» WHAT YOU ARE ASKED TO DO:
Given the material below, return only the lines starting at the line with "the texts of" and ending at the line with "the pages of", exactly as they appear.

» INFORMATION SUPPLIED:
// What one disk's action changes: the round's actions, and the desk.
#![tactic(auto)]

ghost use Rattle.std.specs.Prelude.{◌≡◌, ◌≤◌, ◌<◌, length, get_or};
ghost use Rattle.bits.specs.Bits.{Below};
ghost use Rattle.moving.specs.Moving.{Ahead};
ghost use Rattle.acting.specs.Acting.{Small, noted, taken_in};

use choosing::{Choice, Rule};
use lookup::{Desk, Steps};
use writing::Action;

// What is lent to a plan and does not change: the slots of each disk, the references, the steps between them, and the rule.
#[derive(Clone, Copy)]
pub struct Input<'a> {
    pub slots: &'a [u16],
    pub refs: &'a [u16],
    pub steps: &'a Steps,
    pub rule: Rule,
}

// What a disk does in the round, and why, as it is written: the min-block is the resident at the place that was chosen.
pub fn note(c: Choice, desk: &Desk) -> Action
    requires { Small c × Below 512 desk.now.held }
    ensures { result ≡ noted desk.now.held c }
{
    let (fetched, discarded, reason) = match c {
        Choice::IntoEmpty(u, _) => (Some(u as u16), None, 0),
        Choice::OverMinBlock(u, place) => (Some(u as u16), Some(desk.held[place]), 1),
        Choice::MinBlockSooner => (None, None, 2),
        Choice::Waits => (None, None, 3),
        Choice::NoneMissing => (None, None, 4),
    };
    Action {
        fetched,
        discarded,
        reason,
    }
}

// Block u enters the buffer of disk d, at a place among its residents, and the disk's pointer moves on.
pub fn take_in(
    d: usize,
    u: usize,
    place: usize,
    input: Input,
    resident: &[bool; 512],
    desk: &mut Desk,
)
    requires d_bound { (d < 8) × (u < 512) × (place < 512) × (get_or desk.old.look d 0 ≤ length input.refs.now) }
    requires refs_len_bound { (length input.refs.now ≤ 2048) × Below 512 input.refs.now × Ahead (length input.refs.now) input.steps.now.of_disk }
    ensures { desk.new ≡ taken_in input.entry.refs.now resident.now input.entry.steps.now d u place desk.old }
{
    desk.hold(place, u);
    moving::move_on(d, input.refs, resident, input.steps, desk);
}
--
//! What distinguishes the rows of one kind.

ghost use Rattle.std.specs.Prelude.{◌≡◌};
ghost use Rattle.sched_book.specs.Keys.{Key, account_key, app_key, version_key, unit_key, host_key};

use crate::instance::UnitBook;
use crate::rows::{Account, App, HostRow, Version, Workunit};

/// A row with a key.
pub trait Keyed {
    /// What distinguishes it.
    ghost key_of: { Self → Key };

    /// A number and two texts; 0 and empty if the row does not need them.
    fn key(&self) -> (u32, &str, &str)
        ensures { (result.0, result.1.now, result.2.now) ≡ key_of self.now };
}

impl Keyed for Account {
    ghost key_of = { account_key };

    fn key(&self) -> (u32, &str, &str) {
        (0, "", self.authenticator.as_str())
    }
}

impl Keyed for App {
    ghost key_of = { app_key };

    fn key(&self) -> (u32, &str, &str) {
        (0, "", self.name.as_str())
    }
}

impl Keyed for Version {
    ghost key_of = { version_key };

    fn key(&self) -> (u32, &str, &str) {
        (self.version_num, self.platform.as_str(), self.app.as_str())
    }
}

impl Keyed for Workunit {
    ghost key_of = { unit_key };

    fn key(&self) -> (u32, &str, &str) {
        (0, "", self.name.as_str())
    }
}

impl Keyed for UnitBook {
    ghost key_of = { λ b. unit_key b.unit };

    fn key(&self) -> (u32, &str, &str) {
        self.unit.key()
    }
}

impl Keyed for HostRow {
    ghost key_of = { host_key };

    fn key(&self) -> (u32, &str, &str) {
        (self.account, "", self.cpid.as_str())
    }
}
==
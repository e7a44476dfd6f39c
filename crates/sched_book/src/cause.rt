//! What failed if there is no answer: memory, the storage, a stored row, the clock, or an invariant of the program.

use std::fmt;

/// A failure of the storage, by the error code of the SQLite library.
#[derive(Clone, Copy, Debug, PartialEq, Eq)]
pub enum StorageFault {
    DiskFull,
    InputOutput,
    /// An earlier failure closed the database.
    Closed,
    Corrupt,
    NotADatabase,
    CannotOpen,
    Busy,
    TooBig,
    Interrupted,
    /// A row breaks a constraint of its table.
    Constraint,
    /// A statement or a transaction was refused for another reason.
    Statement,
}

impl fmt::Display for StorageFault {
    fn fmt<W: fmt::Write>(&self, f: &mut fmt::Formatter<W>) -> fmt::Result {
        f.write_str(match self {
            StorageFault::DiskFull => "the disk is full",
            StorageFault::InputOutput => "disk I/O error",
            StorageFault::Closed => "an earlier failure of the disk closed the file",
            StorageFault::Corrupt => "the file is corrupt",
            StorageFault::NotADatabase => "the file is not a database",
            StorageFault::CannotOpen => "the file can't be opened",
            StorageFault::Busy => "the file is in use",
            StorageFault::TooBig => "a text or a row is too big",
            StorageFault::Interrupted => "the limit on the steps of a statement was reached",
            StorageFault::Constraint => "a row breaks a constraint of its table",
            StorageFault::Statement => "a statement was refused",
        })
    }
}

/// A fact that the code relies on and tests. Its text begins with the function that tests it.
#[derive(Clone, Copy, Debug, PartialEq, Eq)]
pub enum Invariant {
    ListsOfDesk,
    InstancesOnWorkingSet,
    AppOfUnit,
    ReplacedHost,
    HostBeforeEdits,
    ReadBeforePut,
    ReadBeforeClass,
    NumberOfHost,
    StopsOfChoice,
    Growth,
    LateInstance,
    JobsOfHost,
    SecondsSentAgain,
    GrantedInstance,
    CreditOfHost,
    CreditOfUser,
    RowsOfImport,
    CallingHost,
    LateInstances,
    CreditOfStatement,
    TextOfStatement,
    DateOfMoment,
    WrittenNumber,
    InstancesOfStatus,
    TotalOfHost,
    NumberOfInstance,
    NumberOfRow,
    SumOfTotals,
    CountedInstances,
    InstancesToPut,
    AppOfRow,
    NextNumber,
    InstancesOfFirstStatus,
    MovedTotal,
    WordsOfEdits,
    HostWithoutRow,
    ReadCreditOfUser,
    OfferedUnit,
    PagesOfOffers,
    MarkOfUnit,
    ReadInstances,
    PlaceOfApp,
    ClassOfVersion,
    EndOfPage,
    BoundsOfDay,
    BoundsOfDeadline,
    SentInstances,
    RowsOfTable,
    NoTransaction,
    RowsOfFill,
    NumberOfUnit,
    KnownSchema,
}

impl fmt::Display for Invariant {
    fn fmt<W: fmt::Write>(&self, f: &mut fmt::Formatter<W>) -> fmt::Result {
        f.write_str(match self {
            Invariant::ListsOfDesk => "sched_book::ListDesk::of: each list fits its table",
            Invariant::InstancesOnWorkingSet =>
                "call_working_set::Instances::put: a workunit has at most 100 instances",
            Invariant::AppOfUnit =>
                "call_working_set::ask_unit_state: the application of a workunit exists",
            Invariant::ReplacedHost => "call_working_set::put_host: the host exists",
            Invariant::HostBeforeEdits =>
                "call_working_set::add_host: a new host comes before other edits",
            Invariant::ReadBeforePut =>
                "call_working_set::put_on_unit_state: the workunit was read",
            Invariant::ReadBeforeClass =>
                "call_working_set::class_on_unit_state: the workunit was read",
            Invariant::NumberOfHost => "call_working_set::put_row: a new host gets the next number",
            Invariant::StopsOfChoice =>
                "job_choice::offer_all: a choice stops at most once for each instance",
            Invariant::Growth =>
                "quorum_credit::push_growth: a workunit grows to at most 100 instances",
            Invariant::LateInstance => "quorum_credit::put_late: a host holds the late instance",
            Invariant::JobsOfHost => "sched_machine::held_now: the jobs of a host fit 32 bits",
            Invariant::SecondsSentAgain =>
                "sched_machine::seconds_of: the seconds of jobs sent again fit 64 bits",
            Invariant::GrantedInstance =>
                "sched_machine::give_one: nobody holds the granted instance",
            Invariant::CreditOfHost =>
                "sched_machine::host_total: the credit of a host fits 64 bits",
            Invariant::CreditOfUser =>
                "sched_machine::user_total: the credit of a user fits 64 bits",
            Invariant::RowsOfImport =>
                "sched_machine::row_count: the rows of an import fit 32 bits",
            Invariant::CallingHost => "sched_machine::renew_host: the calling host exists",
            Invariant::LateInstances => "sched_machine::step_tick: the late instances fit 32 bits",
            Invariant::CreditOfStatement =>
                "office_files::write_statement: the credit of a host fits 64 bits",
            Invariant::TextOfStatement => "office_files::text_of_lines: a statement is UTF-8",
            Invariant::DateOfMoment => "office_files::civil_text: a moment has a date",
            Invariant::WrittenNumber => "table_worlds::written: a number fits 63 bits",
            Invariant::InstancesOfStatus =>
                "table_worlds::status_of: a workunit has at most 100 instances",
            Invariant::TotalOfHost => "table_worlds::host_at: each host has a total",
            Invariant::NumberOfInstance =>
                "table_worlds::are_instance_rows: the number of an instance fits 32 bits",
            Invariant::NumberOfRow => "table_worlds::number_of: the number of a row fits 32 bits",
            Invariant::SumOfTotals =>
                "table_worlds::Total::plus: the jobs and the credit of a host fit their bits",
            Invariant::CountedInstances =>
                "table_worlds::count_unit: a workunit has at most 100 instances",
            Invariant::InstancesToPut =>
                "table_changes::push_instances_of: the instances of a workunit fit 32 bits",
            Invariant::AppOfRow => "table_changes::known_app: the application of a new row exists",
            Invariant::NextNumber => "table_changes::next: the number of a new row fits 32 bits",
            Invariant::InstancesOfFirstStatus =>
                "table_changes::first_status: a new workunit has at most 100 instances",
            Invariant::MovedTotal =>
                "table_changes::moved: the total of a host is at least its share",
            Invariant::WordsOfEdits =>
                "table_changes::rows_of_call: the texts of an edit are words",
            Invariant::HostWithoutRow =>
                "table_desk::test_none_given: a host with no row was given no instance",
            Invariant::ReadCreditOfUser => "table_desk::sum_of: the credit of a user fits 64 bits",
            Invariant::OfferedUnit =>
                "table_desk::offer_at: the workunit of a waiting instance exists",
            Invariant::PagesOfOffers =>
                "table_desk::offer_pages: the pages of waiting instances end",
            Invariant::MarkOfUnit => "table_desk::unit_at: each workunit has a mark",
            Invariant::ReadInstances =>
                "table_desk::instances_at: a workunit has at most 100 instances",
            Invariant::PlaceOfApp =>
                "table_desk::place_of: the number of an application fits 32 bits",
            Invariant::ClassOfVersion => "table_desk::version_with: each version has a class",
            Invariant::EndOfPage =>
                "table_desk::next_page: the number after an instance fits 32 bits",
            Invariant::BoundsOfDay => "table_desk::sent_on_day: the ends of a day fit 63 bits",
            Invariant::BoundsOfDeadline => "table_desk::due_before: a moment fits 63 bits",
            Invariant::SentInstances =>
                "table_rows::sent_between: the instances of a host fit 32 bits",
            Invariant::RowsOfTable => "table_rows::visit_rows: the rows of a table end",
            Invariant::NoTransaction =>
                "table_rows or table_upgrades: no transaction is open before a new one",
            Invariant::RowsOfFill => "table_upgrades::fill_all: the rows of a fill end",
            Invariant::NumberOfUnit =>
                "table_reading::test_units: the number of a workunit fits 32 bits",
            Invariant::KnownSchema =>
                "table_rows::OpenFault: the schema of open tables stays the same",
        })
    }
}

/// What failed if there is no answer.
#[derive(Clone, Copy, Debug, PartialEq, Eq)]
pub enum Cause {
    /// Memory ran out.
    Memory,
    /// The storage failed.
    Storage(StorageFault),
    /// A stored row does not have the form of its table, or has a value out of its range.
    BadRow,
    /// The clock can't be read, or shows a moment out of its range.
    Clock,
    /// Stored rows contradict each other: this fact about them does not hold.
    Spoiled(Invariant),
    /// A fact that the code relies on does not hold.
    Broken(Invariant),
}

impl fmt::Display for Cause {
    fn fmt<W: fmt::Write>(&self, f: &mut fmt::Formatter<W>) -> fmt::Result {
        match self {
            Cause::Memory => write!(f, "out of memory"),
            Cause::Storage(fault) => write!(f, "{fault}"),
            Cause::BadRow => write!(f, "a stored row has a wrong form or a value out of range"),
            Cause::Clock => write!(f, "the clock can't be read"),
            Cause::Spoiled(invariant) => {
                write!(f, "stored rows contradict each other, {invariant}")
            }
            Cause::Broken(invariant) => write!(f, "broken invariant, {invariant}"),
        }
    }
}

» RESULT OF THIS EXERCISE:
                "table_changes::rows_of_call: the texts of an edit are words",
            Invariant::HostWithoutRow =>
                "table_desk::test_none_given: a host with no row was given no instance",
            Invariant::ReadCreditOfUser => "table_desk::sum_of: the credit of a user fits 64 bits",
            Invariant::OfferedUnit =>
                "table_desk::offer_at: the workunit of a waiting instance exists",
            Invariant::PagesOfOffers =>
                "table_desk::offer_pages: the pages of waiting instances end",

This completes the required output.